Saturday, December 5, 2009

History of Mercedes The 300 Adenauer

The Mercedes Benz 300 Adenauer (1951 - 1962)

In today's automotive world, the number 300 might not mean too much anymore, but a few decades back it had a very special appeal. Chrysler used it in the US for its famous and fast Chrysler 300 series, which was first introduced in 1955 as the C-300. It used a V8 hemi 331 cu in engine and was called 300, because it developed 300 hp.

In Germany, the name 300 was made famous by Daimler-Benz, who used it for their top luxury car introduced in 1951, the 300 Adenauer Benz. Here the name 300 was not used because of its horsepower but because of the 3.0 l (183 cu in) engine displacement. When it was launched in April 1951 at the Frankfurt Automobile Show the Benz caused such a sensation that mounted police had to be called in to manage the enthusiastic crowd.

But it was not only the general public who liked the car, it was the press who said after testing it that it should be considered as "international automotive extra class". That impression was supported by the lucky customers, who were able to afford the Mercedes Benz 300. Because at a price of 19,900.- DM ($4,720.-) it was certainly also from a financial point of view extra class. In the US the 300 was introduced in 1953 and cost around $6,500.-. The priciest sedan in the US was at that time the Cadillac Series 75 Fleetwood. At "only" $5,820.- it must be considered a bargain, given the fact that it had a 5.4 l (331 cu in) V8 engine with 210 brake horsepower and an overall length of 6.0 meters (236.5 in).

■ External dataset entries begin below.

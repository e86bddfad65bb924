// nandwrite, block after block and page after page.
ghost use Rattle.std.specs.Prelude.{◌≡◌, ◌+◌, ◌-◌, ◌*◌, ◌≤◌, ◌<◌, ◌++◌, suc, ℕ, List, [], ◌∷◌, replicate, slice_range, if◌then◌else◌, IfOk, OnErr};
ghost use Rattle.nand_model.specs.Sizes.{parity_start};

use crate::copies::{block_len, body_of, padded, part_of, unit_len, with_erased};
use crate::replies::tells_bad;
use crate::step::{State, Turn};
use nand_model::{Bytes, Ending, Geometry, Op, Outcome, Reply};
use std::alloc::{AllocError, Global};

/// How nandwrite was called.
#[derive(Clone, Copy)]
pub struct Called {
    pub dev: u32,
    pub mark: bool,
    pub raw: bool,
    pub oob: bool,
}

/// A block to which nandwrite has come: the place of the first page that it writes there, the
/// number of blocks after it, the units that were written before it, those that are left after its
/// first one, and the counts before it.
#[derive(Clone, Copy)]
pub struct BlockAt {
    pub called: Called,
    pub block: u32,
    pub place: u32,
    pub rest: u32,
    pub first: u32,
    pub more: u32,
    pub skipped: u64,
    pub failed: u64,
    ghost in_device: { block + rest < 32768 },
    ghost in_block: { place ≤ 127 },
    ghost units: { first + more < 4194304 },
    ghost skipped_before: { skipped ≤ block },
    ghost failed_before: { failed ≤ block },
}

/// A page to which nandwrite has come, after so many in its block.
#[derive(Clone, Copy)]
pub struct PageAt {
    pub at: BlockAt,
    pub written: u32,
    ghost units_left: { written ≤ at.more },
}

/// What nandwrite waits for.
#[derive(Clone, Copy)]
pub enum Place {
    /// Whether the block is bad.
    Scanning(BlockAt),
    /// The write of a unit to the page.
    Programming(PageAt),
    /// The erase of the block, a page of which failed.
    Clearing(BlockAt),
    /// The mark of the block, a page of which failed.
    Marking(BlockAt),
}

/// nandwrite under way: where it stands, and its data, filled up with 0xFF to whole units.
#[derive(Drop)]
pub struct Writing {
    pub place: Place,
    pub units: Bytes,
}

impl BlockAt {
    ghost use Rattle.nand_model.specs.declared.geometry.Geometry.{Geometry as Sizes};
    ghost use Rattle.tool_steps.specs.Steps.{state_left};
    ghost use Rattle.tool_steps.specs.Writing.{units_from, later_blocks, failed_left, skipped_left, place_left};

    // The block after this one, with `more` units after the unit `first`, or the end of the device.
    fn next(self, first: u32, more: u32, skipped: u64, failed: u64) -> State<Place>
        requires units { first + more < 4194304 }
        requires skipped_before { skipped ≤ self.block + 1 }
        requires failed_before { failed ≤ self.block + 1 }
        ensures { (g : Sizes) (bytes : List ℕ) → state_left (place_left g bytes) result
            ≡ later_blocks g bytes self (units_from g bytes self.called first (suc more))
            (record { pages = first; skipped = skipped; failed = failed }) }
    {
        if self.rest == 0 {
            return State::Over(Outcome::NandWrite {
                pages: u64::from(first),
                skipped,
                failed,
                ending: Ending::NoSpace,
            });
        }
        State::At(Place::Scanning(BlockAt {
            called: self.called,
            block: self.block + 1,
            place: 0,
            rest: self.rest - 1,
            first,
            more,
            skipped,
            failed,
        }))
    }

    // The units of this block, a page of which failed, go to the next one.
    fn failed(self) -> State<Place>
        ensures { (g : Sizes) (bytes : List ℕ) → state_left (place_left g bytes) result
            ≡ failed_left g bytes self }
    {
        self.next(self.first, self.more, self.skipped, self.failed + 1)
    }

    // The units of this block, which is bad or was refused, go to the next one.
    fn skipped(self) -> State<Place>
        ensures { (g : Sizes) (bytes : List ℕ) → state_left (place_left g bytes) result
            ≡ skipped_left g bytes self }
    {
        self.next(self.first, self.more, self.skipped + 1, self.failed)
    }

    // The end of the command, with so many pages.
    fn ended(self, pages: u32, ending: Ending) -> State<Place>
        ensures { result ≡ State.Over (Outcome.NandWrite pages self.skipped self.failed ending) }
    {
        State::Over(Outcome::NandWrite {
            pages: u64::from(pages),
            skipped: self.skipped,
            failed: self.failed,
            ending,
        })
    }
}

impl PageAt {
    ghost use Rattle.command_model.specs.Command.{unit_size, write_unit, after_replies};
    ghost use Rattle.tool_steps.specs.Steps.{state_left};
    ghost use Rattle.tool_steps.specs.Writing.{unit_at, write_mode, units_from, pages_left, program_left, place_left};

    // The unit that is written.
    fn unit<'a>(&self, g: &Geometry, bytes: &'a [u8]) -> &'a [u8]
        ensures { result.now
            ≡ unit_at (unit_size g.now self.now.at.called.oob) bytes.now
            (self.now.at.first + self.now.written) }
    {
        let len = unit_len(g, self.at.called.oob) as usize;
        part_of(bytes, (self.at.first + self.written) as usize * len, len)
    }

    /// The write of the unit to the page. Without `-o` its spare, or its free bytes, are 0xFF.
    pub fn program(self, alloc: Global, g: &Geometry, bytes: &[u8]) -> Result<Op, AllocError>
        ensures { IfOk result (λ op. op ≡ write_unit g.now (write_mode self.at.called)
            (self.at.block * g.now.pages_per_block + (self.at.place + self.written))
            (unit_at (unit_size g.now self.at.called.oob) bytes.now
            (self.at.first + self.written))) }
    {
        let Called { dev, raw, oob, .. } = self.at.called;
        let page = self.at.block * g.pages_per_block + (self.at.place + self.written);
        let unit = self.unit(g, bytes);
        if raw {
            let image = image_of(alloc, g, oob, unit)?;
            return Ok(Op::RawWrite { dev, page, image });
        }
        let body = body_of(alloc, unit, g.page)?;
        let free = free_of(alloc, g, oob, unit)?;
        Ok(Op::Write {
            dev,
            page,
            body,
            free,
        })
    }

    // The unit goes to the page, or to the next block where this one is full.
    fn next(self, g: &Geometry) -> State<Place>
        ensures { (bytes : List ℕ) → state_left (place_left g.now bytes) result
            ≡ pages_left g.now bytes self.at self.written (self.at.place + self.written)
            (units_from g.now bytes self.at.called (self.at.first + self.written)
            (suc (self.at.more - self.written))) }
    {
        let at = self.at;
        if at.place + self.written == g.pages_per_block {
            return at.next(
                at.first + self.written,
                at.more - self.written,
                at.skipped,
                at.failed,
            );
        }
        State::At(Place::Programming(self))
    }

    // The page is written.
    fn done(self, g: &Geometry) -> State<Place>
        ensures { (bytes : List ℕ) → state_left (place_left g.now bytes) result
            ≡ pages_left g.now bytes self.at (self.written + 1) (self.at.place + self.written + 1)
            (units_from g.now bytes self.at.called (self.at.first + self.written + 1)
            (self.at.more - self.written)) }
    {
        let at = self.at;
        if self.written == at.more {
            return at.ended(at.first + self.written + 1, Ending::Whole);
        }
        let later = PageAt {
            at,
            written: self.written + 1,
        };
        later.next(g)
    }

    // Where the command stands after the reply to the write.
    fn after(self, g: &Geometry, reply: &Reply) -> State<Place>
        ensures { (bytes : List ℕ) → state_left (place_left g.now bytes) result
            ≡ after_replies (reply.now ∷ []) (program_left g.now bytes self) }
    {
        match reply {
            Reply::ProgramFailed => State::At(Place::Clearing(self.at)),
            Reply::BadBlock => self.at.skipped(),
            Reply::MarkerByte => self
                .at
                .ended(self.at.first + self.written, Ending::MarkerByte),
            _ => self.done(g),
        }
    }
}

// The image of a page that takes a unit raw.
fn image_of(alloc: Global, g: &Geometry, oob: bool, unit: &[u8]) -> Result<Bytes, AllocError>
    ensures { IfOk result (λ image. image
        ≡ (if oob then unit.now else unit.now ++ replicate g.now.spare 0xff)) }
{
    if oob {
        Bytes::from_slice(alloc, unit)
    } else {
        with_erased(alloc, unit, g.spare as usize)
    }
}

// The free bytes of a page that takes a unit.
fn free_of(alloc: Global, g: &Geometry, oob: bool, unit: &[u8]) -> Result<Bytes, AllocError>
    ensures { IfOk result (λ free. free ≡ (if oob
        then slice_range unit.now (g.now.page + 2) (g.now.page + parity_start g.now)
        else replicate (parity_start g.now - 2) 0xff)) }
{
    let parities = g.parity_start();
    if oob {
        let from = (g.page + 2) as usize;
        let end = (g.page + parities) as usize;
        Bytes::from_slice(alloc, part_of(unit, from, end - from))
    } else {
        Bytes::filled(alloc, 0xff, parities as usize - 2)
    }
}

impl Place {
    ghost use Rattle.command_model.specs.Command.{Do, after_replies, next_in};
    ghost use Rattle.tool_steps.specs.Steps.{state_left};
    ghost use Rattle.tool_steps.specs.Writing.{place_left};

    /// The operation whose reply is waited for.
    pub fn op(self, alloc: Global, g: &Geometry, bytes: &[u8]) -> Result<Op, AllocError>
        ensures { IfOk result (λ op. next_in (place_left g.now bytes.now self) ≡ Do op) }
    {
        match self {
            Place::Scanning(at) => Ok(Op::IsBad {
                dev: at.called.dev,
                block: at.block,
            }),
            Place::Programming(page) => page.program(alloc, g, bytes),
            Place::Clearing(at) => Ok(Op::Erase {
                dev: at.called.dev,
                block: at.block,
            }),
            Place::Marking(at) => Ok(Op::Mark {
                dev: at.called.dev,
                block: at.block,
            }),
        }
    }

    /// Where the command stands after the reply.
    pub fn after(self, g: &Geometry, reply: &Reply) -> State<Place>
        ensures { (bytes : List ℕ) → state_left (place_left g.now bytes) result
            ≡ after_replies (reply.now ∷ []) (place_left g.now bytes self) }
    {
        match self {
            Place::Scanning(at) => {
                if tells_bad(reply) {
                    at.skipped()
                } else {
                    PageAt { at, written: 0 }.next(g)
                }
            }
            Place::Programming(page) => page.after(g, reply),
            Place::Clearing(at) => {
                if at.called.mark {
                    State::At(Place::Marking(at))
                } else {
                    at.failed()
                }
            }
            Place::Marking(at) => at.failed(),
        }
    }
}

impl Writing {
    ghost use Rattle.command_model.specs.Command.{Do, after_replies, next_in};
    ghost use Rattle.command_model.specs.Runnable.{WritesPages};
    ghost use Rattle.tool_steps.specs.Steps.{is_over, state_left, TurnsTo};
    ghost use Rattle.tool_steps.specs.Writing.{write_from_start, write_mode, writing_left};

    /// nandwrite at its start, of these bytes from the offset `off` on. Without bytes it is over.
    pub fn start(
        alloc: Global,
        g: &Geometry,
        called: Called,
        blocks: u32,
        off: u64,
        bytes: &[u8],
    ) -> Result<State<Writing>, AllocError>
        requires { WritesPages g.now blocks off bytes.now }
        ensures { IfOk result (λ state. state_left (writing_left g.now) state
            ≡ write_from_start g.now (write_mode called) blocks off bytes.now) }
    {
        let len = unit_len(g, called.oob) as usize;
        let count = (bytes.len() + (len - 1)) / len;
        if count == 0 {
            return Ok(State::Over(Outcome::NandWrite {
                pages: 0,
                skipped: 0,
                failed: 0,
                ending: Ending::Whole,
            }));
        }
        let block = (off / block_len(g)) as u32;
        let at = BlockAt {
            called,
            block,
            place: (off / u64::from(g.page) % u64::from(g.pages_per_block)) as u32,
            rest: blocks - block - 1,
            first: 0,
            more: (count - 1) as u32,
            skipped: 0,
            failed: 0,
        };
        let units = padded(alloc, bytes, count * len)?;
        Ok(State::At(Writing {
            place: Place::Scanning(at),
            units,
        }))
    }

    /// The operation whose reply is waited for.
    pub fn op(&self, alloc: Global, g: &Geometry) -> Result<Op, AllocError>
        ensures { IfOk result (λ op. next_in (writing_left g.now self.now) ≡ Do op) }
    {
        self.place.op(alloc, g, self.units.as_slice())
    }

    /// Whether the command is over after the reply.
    pub fn ends_at(&self, g: &Geometry, reply: &Reply) -> bool
        ensures { result
            ≡ is_over (next_in (after_replies (reply.now ∷ []) (writing_left g.now self.now))) }
    {
        matches!(self.place.after(g, reply), State::Over(_))
    }

    /// The command takes the reply. Where memory runs out, it is as before.
    pub fn answered(
        &mut self,
        alloc: Global,
        g: &Geometry,
        reply: &Reply,
    ) -> Result<Turn, AllocError>
        ensures turn { IfOk result (λ turn. TurnsTo turn (writing_left g.now self.new)
            (after_replies (reply.now ∷ []) (writing_left g.now self.old))) }
        ensures no_memory { OnErr result (self.new ≡ self.old) }
    {
        match self.place.after(g, reply) {
            State::At(later) => {
                let op = later.op(alloc, g, self.units.as_slice())?;
                self.place = later;
                Ok(Turn::Ask(op))
            }
            State::Over(outcome) => Ok(Turn::End(outcome)),
        }
    }
}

The Mercedes Benz, in comparison, delivered with its six-cylinder engine 115 DIN hp and offered an overall length of 4.95 meters (194.9 in). Nevertheless, its breathtaking price offered exclusivity and some of its famous owners such as Errol Flynn, Gary Cooper, Yul Brunner, Anthony Quinn, King Gustaf Adolph of Sweden, Frank Lloyd Wright and the Aga Khan sure didn't complain about it. Pope John XXIII even had a special Pullman Landaulet delivered to his summer residence in Castel Gandolfo in 1960. It was not the first time in the history of Mercedes that a pope had ordered a special built vehicle and it was also not the last time. The most famous owner must have been the first German chancellor Konrad Adenauer, who had during his tenure six of them. As a matter of fact the Ben was so closely associated with the chancellor that the whole series is still today called the 300 Adenauer.

The vehicle's body was still built on a very traditional cruciform oval-tubed chassis of pre-war design. In this respect it was similar to the 170 and 220 Benz. It also carried over the central lubrication system of the 170 model. It might look old fashioned, but in its favor it has to be said that this body-on-frame-construction was ideal for maintaining a very high level of quality for cars produced in small numbers. Like the smaller 220 Benz, which was launched at the same time, its overhead camshaft inline six-cylinder engine was very modern for early 1950's standards. It was fed by two downdraft carburetors instead of one as in the 220 and was also considerably larger. With a top speed of 160 km/h (100 mph) it was quicker than its smaller sibling, establishing itself as the fastest sedan produced by a German car manufacturer.

From 1951 to 1962, four versions of the Mercedes Benz 300 have been produced. While the first three models differed mostly in technical aspects, the last version 300d was not only bigger and more powerful, it was also a slight bow to American styling ideas, as it offered for the first time in the history of Mercedes Benz a sedan with a hardtop design. All four side windows could be lowered with their chromed frames and even the rear quarter lights could be taken out.

All four versions offered also a four-door cabriolet, which was insanely expensive and only produced in very small numbers. Over a time span of eleven years, just 11,430 units of the Mercedes Benz 300 Adenauer were produced, of which 707 were cabriolets. Cadillac produced a similar volume in a mere month. Although the 300 might not be regarded in the history of Mercedes Benz as a big sales success, it sure helped to re-establish the image of Daimler-Benz as a world class manufacturer of luxury automobiles.